“Good morrow, Father,” answered Agnes.

“Agnes, I would seek thy counsel.”

Agnes looked up in astonishment. He seek her counsel! Was it not she who had always sought his?

“Good lack, Father!” she exclaimed in her surprise.

John Laurence leaned his head thoughtfully on his hand, and made no further communication for some seconds.

“I know a Black Friar, Agnes,” he said, speaking slowly, as if weighing each word, “who seeth no cause, neither in God’s Word, neither in common reason, wherefore priests should not be wedded men, as thou wist that many, these ten years past, have been. But he is yet loth to break his mind unto the maid, seeing that many perils do now seem to lie in the way of wedded priests, and he cannot tell if it were well done or no, that he should speak unto her.

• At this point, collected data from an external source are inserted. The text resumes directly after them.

//! Where the text of a certificate passes its limits.
ghost use Rattle.std.specs.Prelude.{◌<◌};

use lc_base::{DEPTH_LIMIT, FILE_LIMIT};

/// The bytes after the last proof: a bracket and the end of the line.
const LAST_BYTES: u64 = 2;

/// The least number of a proof with which a certificate's text, whose proofs are numbered from 0, is too large or too deep;
/// of the last one if none is.
pub(crate) fn number_beyond(text: &[u8], count: u64) -> u64
    requires { 0 < count }
    ensures { result < count }
{
    let mut depth: u64 = 0;
    let mut begun: u64 = 0;
    for (place, byte) in text.iter().enumerate() {
        match byte {
            b'(' => {
                depth = depth.saturating_add(1);
                if depth == 2 {
                    begun = begun.saturating_add(1);
                }
            }
            b')' => depth = depth.saturating_sub(1),
            _ => {}
        }
        if depth > DEPTH_LIMIT as u64 || place as u64 >= FILE_LIMIT - LAST_BYTES {
            break;
        }
    }
    begun.saturating_sub(1).min(count - 1)
}
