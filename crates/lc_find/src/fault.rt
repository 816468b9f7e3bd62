//! Why no certificate was found.
ghost use Rattle.std.specs.Prelude.{◌≡◌};

use lc_base::OutOfMemory;
use std::alloc::{AllocError, AllocFailed};
use thiserror::Error;

/// Why no certificate was found. The number is that of the first condition without a proof.
#[derive(Clone, Copy, Debug, PartialEq, Eq, Error)]
pub enum FindFault {
    /// The search for a proof came to its end.
    #[error("no proof of condition {0} was found")]
    NotFound(u64),
    /// The steps that may be tried are spent, or the certificate would be too large with this proof.
    #[error("the budget is spent at condition {0}")]
    Budget(u64),
    /// The arithmetic of the search leaves 128 bits.
    #[error("a number does not fit 128 bits at condition {0}")]
    Large(u64),
    /// An allocation was refused.
    #[error("out of memory")]
    OutOfMemory,
}

impl From<OutOfMemory> for FindFault {
    ghost use Rattle.lc_find.specs.declared.fault.FindFault.TheVariants.{OutOfMemory};

    ghost from_gives = { λ _ fault. fault ≡ OutOfMemory };

    fn from(_: OutOfMemory) -> FindFault {
        FindFault::OutOfMemory
    }
}

impl From<AllocError> for FindFault {
    ghost use Rattle.lc_find.specs.declared.fault.FindFault.TheVariants.{OutOfMemory};

    ghost from_gives = { λ _ fault. fault ≡ OutOfMemory };

    fn from(_: AllocError) -> FindFault {
        FindFault::OutOfMemory
    }
}

impl<T: Drop> From<AllocFailed<T>> for FindFault {
    ghost use Rattle.lc_find.specs.declared.fault.FindFault.TheVariants.{OutOfMemory};

    ghost from_gives = { λ _ fault. fault ≡ OutOfMemory };

    fn from(_: AllocFailed<T>) -> FindFault {
        FindFault::OutOfMemory
    }
}
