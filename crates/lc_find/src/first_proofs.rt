//! The first of some proofs that there is for a condition.
ghost use Rattle.std.specs.Prelude.{◌≡◌, ℕ, Some, None, OnOk, if◌then◌else◌, ◌==◌};
ghost use Rattle.std.specs.Map.{lookup};
ghost use Rattle.std.specs.Option.{option_or};
ghost use Rattle.lc_cert.specs.EntryView.{entries_of};
ghost use Rattle.lc_find.specs.FirstProofs.{place_at};

use indexmap::IndexMap;
use lc_base::OutOfMemory;
use lc_cert::Entry;
use lc_kernel::Proof;
use std::alloc::Global;

/// Proofs in the order of their file, and for each number its first place.
pub(crate) struct FirstProofs<'a> {
    entries: &'a [Entry],
    places: IndexMap<u64, usize>,
    ghost placed: { (number : ℕ) → lookup (λ key. number == key) places.entries ≡ place_at (entries_of entries.now) number },
}

impl Drop for FirstProofs<'_> {
    fn drop(self) {
        let FirstProofs {
            entries: _,
            places: _,
        } = self;
    }
}

/// Notes the place of a number, unless it has one already.
fn note_place(
    places: &mut IndexMap<u64, usize>,
    number: u64,
    place: usize,
) -> Result<(), OutOfMemory>
    ensures { OnOk result ((n : ℕ) →
        lookup (λ key. n == key) places.new.entries ≡ option_or (lookup (λ key. n == key) places.old.entries) (if n == number then Some place else None)) }
{
    if !places.contains_key(&number) {
        places.insert(number, place)?;
    }
    Ok(())
}

impl<'a> FirstProofs<'a> {
    ghost use Rattle.std.specs.Prelude.{◌≡◌, IfOk, option_map};
    ghost use Rattle.lc_kernel.specs.View.{proof_of};
    ghost use Rattle.lc_cert.specs.Certificates.{proof_at};
    ghost use Rattle.lc_cert.specs.EntryView.{entries_of};
    ghost use Rattle.lc_find.specs.FirstView.{placed_in};

    /// The first of these proofs, by their numbers.
    pub(crate) fn new(alloc: Global, entries: &'a [Entry]) -> Result<FirstProofs<'a>, OutOfMemory>
        ensures { IfOk result (λ first. placed_in first ≡ entries_of entries.now) }
    {
        let mut places = IndexMap::new(alloc);
        for (place, entry) in entries.iter().enumerate() {
            note_place(&mut places, entry.number, place)?;
        }
        Ok(FirstProofs { entries, places })
    }

    /// The first proof of a number, if there is one.
    pub(crate) fn first(&self, number: u64) -> Option<&Proof>
        ensures { option_map (λ p. proof_of p.now) result ≡ proof_at (placed_in self.now) number }
    {
        let place = self.places.get(&number).copied()?;
        let entry = self.entries.get(place)?;
        Some(&entry.proof)
    }
}
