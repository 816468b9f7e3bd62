//! Certificates of a new development, from the proofs of an old one and from what is found.
ghost use Rattle.std.specs.Prelude.{◌++◌, IfOk};
ghost use Rattle.lc_carry.specs.Carried.{carried};
ghost use Rattle.lc_cert.specs.CertificateView.{entries_in};
ghost use Rattle.lc_check.specs.VerdictView.{development_in};
ghost use Rattle.lc_find.specs.Certified.{IsCertifiedBy};
ghost use Rattle.lc_find.specs.Found.{Finds};
ghost use Rattle.lc_find.specs.GetsCarried.{GetsCarried};
ghost use Rattle.lc_hints.specs.HintView.{proofs_in};
ghost use Rattle.lc_outline.specs.DevelopmentView.{development_view};

use crate::fault::FindFault;
use crate::finding::find_beside;
use crate::progress::{Progress, Silent};
use lc_carry::carried_entries;
use lc_carry::laws::{carried_proofs_derive, the_least_is_carried};
use lc_cert::laws::a_certificate_is_read_or_refused;
use lc_cert::{Certificate, Entry};
use lc_check::Accepted;
use lc_hints::Hints;
use lc_outline::Development;
use std::alloc::Global;

/// Finds a certificate of a new development, with the proofs of an accepted one, whose certificate this is. A condition that
/// says what an old one says is tried with the proof of that one, with the new development's columns of the same names: of the
/// least such old condition whose proof names only columns that there are. The others get proofs as by `find`.
///
/// If no two columns of the old development have one name, and the condition is the same but for the columns' numbers, that
/// proof holds and is in the certificate.
///
/// `certificate_text` of what is found is accepted by `check`, with any text of the new development. Faults are as of `find`.
pub fn carry(
    alloc: Global,
    accepted: &Accepted,
    certificate: &Certificate,
    development: &Development,
    hints: &Hints,
    budget: u64,
) -> Result<Certificate, FindFault>
    requires { IsCertifiedBy (development_in accepted.now) (entries_in certificate.now) }
    ensures finds { let E = development_view development.now in
        Finds E (carried (development_in accepted.now) (entries_in certificate.now) E ++ proofs_in hints.now) budget result }
    ensures gets { IfOk result (λ c. GetsCarried (development_in accepted.now) (entries_in certificate.now) (development_view development.now) (entries_in c)) }
{
    carry_with(
        alloc,
        accepted,
        certificate,
        development,
        hints,
        budget,
        &mut Silent,
    )
}

/// Says which conditions have carried proofs.
fn tell_carried<P: Progress>(carried: &[Entry], progress: &mut P) {
    for entry in carried {
        progress.carried(entry.number);
    }
}

/// As `carry`, and says which conditions have carried proofs, and how far it is: the number of each new condition, before a proof of it
/// is looked for.
pub fn carry_with<P: Progress>(
    alloc: Global,
    accepted: &Accepted,
    certificate: &Certificate,
    development: &Development,
    hints: &Hints,
    budget: u64,
    progress: &mut P,
) -> Result<Certificate, FindFault>
    requires { IsCertifiedBy (development_in accepted.now) (entries_in certificate.now) }
    ensures finds { let E = development_view development.now in
        Finds E (carried (development_in accepted.now) (entries_in certificate.now) E ++ proofs_in hints.now) budget result }
    ensures gets { IfOk result (λ c. GetsCarried (development_in accepted.now) (entries_in certificate.now) (development_view development.now) (entries_in c)) }
{
    a_certificate_is_read_or_refused();
    the_least_is_carried();
    carried_proofs_derive();
    let carried = carried_entries(alloc, accepted.development(), certificate, development)?;
    tell_carried(&carried, progress);
    find_beside(alloc, development, &carried, hints, budget, progress)
}
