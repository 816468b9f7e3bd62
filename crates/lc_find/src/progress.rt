//! To whom the finder reports how far it is, and what it came to.
use lc_search::{Cause, CounterModel};

/// To it the finder reports how far it is, and what it came to.
pub trait Progress {
    /// A proof of the condition of this number is looked for next.
    fn reached(&mut self, number: u64);

    /// The condition of this number has a proof of an old certificate.
    fn carried(&mut self, _number: u64) {}

    /// The search for a proof of the condition that was reached last ended in this model.
    fn ended(&mut self, _model: CounterModel) {}

    /// The search for a proof of the condition that was reached last was given up.
    fn given_up(&mut self, _cause: Cause) {}
}

/// Takes all reports, and says nothing of them.
#[derive(Drop)]
pub struct Silent;

impl Progress for Silent {
    fn reached(&mut self, _: u64) {}
}
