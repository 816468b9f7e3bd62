//! Prints what short developments are with what was left out put in, or why they are refused.
#![tactic(auto)]

use anyhow::Context;
use lc_base::Fault;
use lc_outline_print::development_text;
use lc_short::short_of;
use std::alloc::Global;
use std::{env, fs};

/// What a text says.
fn answer(alloc: Global, bytes: &[u8]) -> Result<Vec<u8>, Fault> {
    let short = short_of(alloc, bytes)?;
    Ok(development_text(alloc, short.whole())?)
}

fn main(rt: HostRuntime) -> anyhow::Result<()> {
    for path in env::args(&rt)?.skip(1) {
        let bytes = fs::read(&rt, path.as_str())?;
        match answer(rt.alloc(), &bytes) {
            Ok(text) => println!(rt; "{}", str::from_utf8(&text).context("a text is of ASCII")?)?,
            Err(fault) => println!(rt; "{fault}")?,
        }
    }
    Ok(())
}
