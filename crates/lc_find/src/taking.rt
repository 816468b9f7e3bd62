//! A proof of the next condition: the first that the hints have, if it holds; else one that is sought.
ghost use Rattle.std.specs.Prelude.{◌≡◌, List, IfOk};
ghost use Rattle.lc_outline.specs.DevelopmentView.{development_view};
ghost use Rattle.lc_cert.specs.Certificates.{Entry as Proved, HaveFewSteps};
ghost use Rattle.lc_check.specs.Walking.{HasNext, IsKnown, IsInTurn};
ghost use Rattle.lc_find.specs.FirstView.{all_of};
ghost use Rattle.lc_find.specs.Taken.{IsHintTaken, IsSought, IsTaken};

use crate::candidates::Candidates;
use crate::fault::FindFault;
use crate::progress::Progress;
use lc_base::{FILE_LIMIT, Fault, OutOfMemory};
use lc_cert::Entry;
use lc_check::Walk;
use lc_hints::Hints;
use lc_outline::Development;
use lc_search::{End, search};
use std::alloc::Global;

/// The first proof that the hints have for the next condition, if it holds.
fn hinted_entry(
    alloc: Global,
    development: &Development,
    walk: &mut Walk,
    first: &Candidates<'_>,
) -> Result<Option<Entry>, OutOfMemory>
    requires in_turn { (taken : List Proved) × IsInTurn (development_view development.now) taken walk.old }
    requires stands { HasNext walk.old }
    requires steps { HaveFewSteps (all_of first.now) }
    ensures { IfOk result (IsHintTaken (development_view development.now) (all_of first.now) walk.old walk.new) }
{
    let number = walk.next;
    let Some(proof) = first.first(number) else {
        return Ok(None);
    };
    match walk.prove_next(alloc, development, proof) {
        Ok(()) => {
            let proof = proof.try_clone(alloc)?;
            Ok(Some(Entry { number, proof }))
        }
        Err(Fault::Refused(_)) => Ok(None),
        Err(Fault::OutOfMemory) => Err(OutOfMemory),
    }
}

/// What a search for a proof of the next condition comes to.
fn sought(alloc: Global, walk: &Walk, hints: &Hints, budget: u64) -> Result<End, OutOfMemory>
    requires known { IsKnown walk.now }
    requires stands { HasNext walk.now }
{
    let uses = hints.terms(walk.next);
    let cuts = hints.formulas(walk.next);
    let condition = &walk.part[walk.place];
    let searched = search(alloc, &walk.terms, &condition.goal, uses, cuts, budget)?;
    Ok(searched.end)
}

/// A proof of the next condition that is sought, in at most `budget` steps; reports the model in which the search ended, if it did, or
/// why it was given up.
fn sought_entry<P: Progress>(
    alloc: Global,
    development: &Development,
    walk: &mut Walk,
    hints: &Hints,
    budget: u64,
    progress: &mut P,
) -> Result<Entry, FindFault>
    requires in_turn { (taken : List Proved) × IsInTurn (development_view development.now) taken walk.old }
    requires stands { HasNext walk.old }
    ensures { IsSought (development_view development.now) budget walk.old walk.new result }
{
    let number = walk.next;
    if budget == 0 {
        return Err(FindFault::Budget(number));
    }
    let proof = match sought(alloc, walk, hints, budget)? {
        End::Found(proof) => proof,
        End::NotFound(model) => {
            progress.ended(model);
            return Err(FindFault::NotFound(number));
        }
        End::Spent(cause) => {
            progress.given_up(cause);
            return Err(FindFault::Budget(number));
        }
        End::Large => return Err(FindFault::Large(number)),
    };
    if proof.step_count() > FILE_LIMIT {
        return Err(FindFault::Budget(number));
    }
    match walk.prove_next(alloc, development, &proof) {
        Ok(()) => Ok(Entry { number, proof }),
        Err(Fault::Refused(_)) => Err(FindFault::NotFound(number)),
        Err(Fault::OutOfMemory) => Err(FindFault::OutOfMemory),
    }
}

/// A proof of the next condition.
pub(crate) fn next_entry<P: Progress>(
    alloc: Global,
    development: &Development,
    walk: &mut Walk,
    first: &Candidates<'_>,
    hints: &Hints,
    budget: u64,
    progress: &mut P,
) -> Result<Entry, FindFault>
    requires in_turn { (taken : List Proved) × IsInTurn (development_view development.now) taken walk.old }
    requires stands { HasNext walk.old }
    requires steps { HaveFewSteps (all_of first.now) }
    ensures { IsTaken (development_view development.now) (all_of first.now) budget walk.old walk.new result }
{
    match hinted_entry(alloc, development, walk, first) {
        Ok(Some(entry)) => Ok(entry),
        Ok(None) => sought_entry(alloc, development, walk, hints, budget, progress),
        Err(OutOfMemory) => Err(FindFault::OutOfMemory),
    }
}
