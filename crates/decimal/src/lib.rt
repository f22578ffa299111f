// A number as text, in decimal. (Added by document 01, for the program `answer`.)
#![tactic(auto)]

ghost use Rattle.std.specs.Prelude.{◌≡◌, ◌≤◌, length};
ghost use Rattle.std.proofs.lemmas.List.Edits.{sets};
ghost use Rattle.zigbee_types.specs.Outcome.{answer, Wrote};
ghost use Rattle.zigbee_types.specs.Answers.{says};
ghost use Rattle.decimal.specs.Decimal.{decimal};

use zigbee_types::Refusal;

// How many digits a number has. (Recursion on the quotient by ten is document 01's form of a number's digits, here and below.)
#[tactic(auto, using(crate::proofs::Put::one_counted, crate::proofs::Put::more_fits, crate::proofs::Put::more_counted))]
fn digit_count(n: u64) -> usize
    ensures { result ≡ length (decimal n) }
{
    if n < 10 {
        return 1;
    }
    digit_count(n / 10) + 1
}

// Puts the digits of a number at the front of a buffer that has room for them, and tells the place behind them: those of the quotient
// by ten, and then the remainder.
#[tactic(auto, using(crate::proofs::Put::one_counted, crate::proofs::Put::one_room, crate::proofs::Put::one_put, crate::proofs::Put::more_fits, crate::proofs::Put::more_counted, crate::proofs::Put::more_before, crate::proofs::Put::more_room, crate::proofs::Put::more_put))]
fn put_decimal(out: &mut [u8], n: u64) -> usize
    requires { length (decimal n) ≤ length out.old }
    ensures { (result ≡ length (decimal n)) × (out.new ≡ sets out.old 0 (decimal n)) }
{
    if n < 10 {
        out[0] = b'0' + (n as u8);
        return 1;
    }
    let at = put_decimal(out, n / 10);
    out[at] = b'0' + ((n % 10) as u8);
    at + 1
}

// Writes a number in decimal at the front of a buffer, most significant digit first. Too short a buffer is refused, and nothing is
// written.
pub fn write_decimal(n: u64, out: &mut [u8]) -> Result<usize, Refusal>
    ensures { Wrote (answer (decimal n)) out.old (says result) out.new }
{
    if out.len() < digit_count(n) {
        return Err(Refusal::ShortBuffer);
    }
    Ok(put_decimal(out, n))
}
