#![tactic(auto)]

ghost use Rattle.std.specs.Prelude.{◌≡◌, ◌≤◌, length};
ghost use Rattle.engine.specs.Engine.{between, joined, mask_struck, memory_right, child_right, members_right, block_right, lines_right, strike_right, StartLent, GiveLent, TakeLent, StrikeLent};

// The ledger as masks, one a line, bit p for partition p. It knows nothing of slots. Each operation answers 0, or 21 and writes nothing:
// a number, since `StartLent` and the theorems of `engines` speak of it, and C gets it word for word.

// Writes 1 from mask a to b - 1: the root alone.
fn reset(masks: &mut [u16], a: usize, b: usize)
    requires { (a ≤ b) × (b ≤ length masks.old) }
    ensures { masks.new ≡ between a b (λ m. 1) masks.old }
{
    for mask in masks[a..b].iter_mut() {
        *mask = 1;
    }
}

// Sets the bits of w from mask a to b - 1.
fn enter(masks: &mut [u16], a: usize, b: usize, w: u16)
    requires { (a ≤ b) × (b ≤ length masks.old) }
    ensures { masks.new ≡ between a b (joined w) masks.old }
{
    for mask in masks[a..b].iter_mut() {
        *mask |= w;
    }
}

// Clears the bits of w from mask a to b - 1.
fn clear(masks: &mut [u16], a: usize, b: usize, w: u16)
    requires { (a ≤ b) × (b ≤ length masks.old) }
    ensures { masks.new ≡ between a b (mask_struck w) masks.old }
{
    for mask in masks[a..b].iter_mut() {
        *mask &= !w;
    }
}

fn memory_right(n: usize, base: u64, end: u64) -> bool
    ensures { result ≡ memory_right n base end }
{
    if base >= end {
        return false;
    }
    let lines = end - base;
    if lines > 2048 {
        return false;
    }
    lines <= n as u64
}

fn child_right(child: u64) -> bool
    ensures { result ≡ child_right child }
{
    if child < 1 {
        return false;
    }
    child <= 15
}

fn members_right(members: u64) -> bool
    ensures { result ≡ members_right members }
{
    if members % 2 != 0 {
        return false;
    }
    members < 0x1_0000
}

fn block_right(base: u64, end: u64, from: u64, to: u64) -> bool
    ensures { result ≡ block_right base end from to }
{
    if base > from {
        return false;
    }
    if from >= to {
        return false;
    }
    to <= end
}

fn lines_right(n: usize, base: u64, end: u64, child: u64, from: u64, to: u64) -> bool
    ensures { result ≡ lines_right n base end child from to }
{
    if !memory_right(n, base, end) {
        return false;
    }
    if !child_right(child) {
        return false;
    }
    block_right(base, end, from, to)
}

fn strike_right(n: usize, base: u64, end: u64, members: u64) -> bool
    ensures { result ≡ strike_right n base end members }
{
    if !memory_right(n, base, end) {
        return false;
    }
    members_right(members)
}

// The root alone holds every line of base to end.
pub fn start(masks: &mut [u16], base: u64, end: u64) -> u64
    ensures { StartLent base end masks.old result masks.new }
{
    if !memory_right(masks.len(), base, end) {
        return 21;
    }
    reset(masks, 0, (end - base) as usize);
    0
}

// The child holds the lines from to to - 1 too.
pub fn give(masks: &mut [u16], base: u64, end: u64, child: u64, from: u64, to: u64) -> u64
    ensures { GiveLent base end child from to masks.old result masks.new }
{
    if !lines_right(masks.len(), base, end, child, from, to) {
        return 21;
    }
    enter(
        masks,
        (from - base) as usize,
        (to - base) as usize,
        1u16 << child,
    );
    0
}

// The child holds them no more.
pub fn take(masks: &mut [u16], base: u64, end: u64, child: u64, from: u64, to: u64) -> u64
    ensures { TakeLent base end child from to masks.old result masks.new }
{
    if !lines_right(masks.len(), base, end, child, from, to) {
        return 21;
    }
    clear(
        masks,
        (from - base) as usize,
        (to - base) as usize,
        1u16 << child,
    );
    0
}

// The members, bit p for partition p, hold no line.
pub fn strike(masks: &mut [u16], base: u64, end: u64, members: u64) -> u64
    ensures { StrikeLent base end members masks.old result masks.new }
{
    if !strike_right(masks.len(), base, end, members) {
        return 21;
    }
    clear(masks, 0, (end - base) as usize, members as u16);
    0
}
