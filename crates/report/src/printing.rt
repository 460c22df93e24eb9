ghost use Rattle.std.specs.Prelude.{◌≡◌, ◌≤◌, length, IfSome, OnOk};
ghost use Rattle.std.specs.Io.KnownBytes.{Appends};
ghost use Rattle.verdict.specs.Verdict.{image_verdict, ClauseNamed};
ghost use Rattle.report.specs.Report.{printed_line};

use arrayvec::ArrayString;
use shapes::Board;
use std::io;
use std::io::{Read, Write};
use verdict::Verdict;

// The line that tells the verdict, of any two numbers; that of a clause of 01 has at most eight bytes. It is pushed and not written, since
// `write!` may fail by what its contract says.
pub fn of_verdict(v: Verdict) -> ArrayString<32>
    ensures line { result.bytes ≡ printed_line v }
    ensures within { ClauseNamed v → length result.bytes ≤ 8 }
{
    let mut line = ArrayString::new();
    let mut digits = itoa::Buffer::new();
    match v {
        Verdict::Accepted => line.push_str("sound"),
        Verdict::Fails(n, p) => {
            line.push('S');
            line.push_str(digits.format(n));
            line.push(' ');
            line.push_str(digits.format(p.0));
        }
        Verdict::Length => line.push_str("length"),
    }
    line.push('\n');
    line
}

// Writes the line that tells the verdict, at once.
pub fn print<W: Write>(out: &mut W, v: Verdict) -> io::Result<()>
    ensures { OnOk result (Appends (W.contents out.old) (W.contents out.new) (printed_line v)) }
{
    out.write_all(of_verdict(v).as_bytes())
}

// Reads an image and prints the verdict on it. What comes after the first byte too many is not read: the image has another length already.
pub fn judge<R: Read, W: Write>(board: Board, input: &mut R, out: &mut W) -> io::Result<()>
    ensures { OnOk result (IfSome (R.remaining input.old) (λ image. Appends (W.contents out.old) (W.contents out.new) (printed_line (image_verdict board image)))) }
{
    let mut image = [0u8; 5129];
    let len = crate::read_full(input, &mut image)?;
    print(out, verdict::of_image(board, &image[..len]))
}
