#![tactic(auto)]

// What the programs that tell a verdict share: they read an image and print the line that tells the verdict on it. The line is "sound"; or S with
// the number of the lowest clause that fails, a space and the lowest partition where it fails; or "length".
mod input;
mod printing;

pub use input::read_full;
pub use printing::{judge, of_verdict, print};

If penalty fell on him, being thus wed, it should not leave her scatheless. Tell me, now, how thinkest thou?—should he do well to break his mind, or no? A maid may judge better than a man how a maid should take it.”

“I would think, Father,” answered the astonished Agnes, “that a maid which did truly love any man should not suffer uncertain sorrow to stand betwixt her and him.”

“Yet how, if it were certain?”

“Nay, nor so neither.”

“Go to! Put it this case were thine own. Shouldst thou be afeared to wed with a priest?”